Posts Tagged ‘renaming places’

Post-colonialist species names?

I was quickly perusing this story about the Horton Plains slender loris not being extinct after all – always nice to get some good news – when it struck me that if the article hadn’t told me the aforementioned loris was from Sri Lanka, I would have no idea where it was from. According to Wikipedia Horton was the British governor of colonial Ceylon, but why should his name be attached to a Sri Lankan mammal? In the past fifty years we’ve had a minor rash of re-naming places (countries and cities mainly), discarding the colonial names in favour of the indigenous. Sometimes that is just correcting a colonial error in transcription, such as Bombay to Mumbai, other times discarding an unwelcome colonialist assertion of authority by appellation – bye bye Rhodesia! So, I wondered, how long before we get the same exercise undertaken with all these quaintly English species names?

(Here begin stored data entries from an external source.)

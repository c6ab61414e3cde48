//! Values of JSON at offsets of an input, as settings have them read (RFC 8259): where each ends and what it says.
#![tactic(auto)]

pub mod documents;
pub mod input;
pub mod instants;
pub mod integers;
pub mod long_runs;
pub mod mismatch;
pub mod number_runs;
pub mod numbers;
pub mod places;
pub mod skip;
pub mod texts;
pub mod values;
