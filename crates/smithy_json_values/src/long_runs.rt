//! Integers of an array, one after another.

ghost use Rattle.std.specs.Prelude.{◌≡◌, ◌≤◌, length, take, IfSome};
ghost use Rattle.smithy_json_values.specs.Spans.{IsSeparated};
ghost use Rattle.smithy_json_values.specs.Private.LongRuns.{IsNextLong, LongsAt};

use crate::places::byte_end;
use smithy_json_grammar::number_text::read_long;
use smithy_json_grammar::scan::skip_blanks;

/// Integers that were found one after another in an array.
#[derive(Clone, Copy)]
pub struct LongRun {
    /// How many there are.
    pub count: usize,
    /// The offset behind the last one.
    pub end: usize,
}

// Where the next element of the array is due: behind a comma, if an element has come before it.
#[inline(always)]
fn next_place(input: &[u8], at: usize, entered: bool) -> Option<usize>
    requires { at ≤ length input.now }
    ensures separated { IfSome result (IsSeparated entered input.now at) }
    ensures within { IfSome result (λ place. place ≤ length input.now) }
{
    if entered {
        return byte_end(input, at, b',');
    }
    Some(at)
}

// The integer of 64 bits that is the next element of the array, with its end.
#[inline(always)]
fn next_long(input: &[u8], at: usize, entered: bool) -> Option<(i64, usize)>
    requires { at ≤ length input.now }
    ensures { IfSome result (λ r. IsNextLong input.now at entered r.0 r.1) }
{
    let place = next_place(input, at, entered)?;
    let start = skip_blanks(input, place);
    if start >= input.len() {
        return None;
    }
    if input[start] == b']' {
        return None;
    }
    read_long(input, start)
}

/// The integers of 64 bits that come next in the array inside of which the offset lies, as many as there is room for. An integer that
/// isn't written as RFC 8259 has it ends them.
pub fn longs_at(input: &[u8], at: usize, entered: bool, room: &mut [i64]) -> LongRun
    requires { at ≤ length input.now }
    ensures room { length room.new ≡ length room.old }
    ensures count { result.count ≤ length room.new }
    ensures within { result.end ≤ length input.now }
    ensures run { LongsAt input.now at entered (take result.count room.new) result.end }
{
    let mut count = 0;
    let mut end = at;
    let mut behind = entered;
    'longs: while count < room.len() {
        let Some((number, next)) = next_long(input, end, behind) else {
            break;
        };
        room[count] = number;
        count += 1;
        end = next;
        behind = true;
    }
    LongRun { count, end }
}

Our house guest queried the practicality of this because there is no clear authority. A country can decide for itself what it should be called, but a loris gets called whatever somebody else decides to call it. That one is easily solved, though; around here, if you are a wildlife researcher you have to get a permit to work in the country. It would be pretty easy for those people in charge of such permits to deny them to those people perpetuating the use of relics of imperialist hubris, and pretty soon anyone wanting to work on the real thing in the wild would have to tow the new line. Deciding the new name would be easy for endemics, but you can picture the odd academic tussle over the naming of cross border species. E.g. Denham’s bustard occurs in at least 6 different African counties according to the bird book nearest to hand, but maybe they could horse-trade a little bit, so that we get a Museveni bustard, a Kenyatta kestrel and a Nyerere nightjar?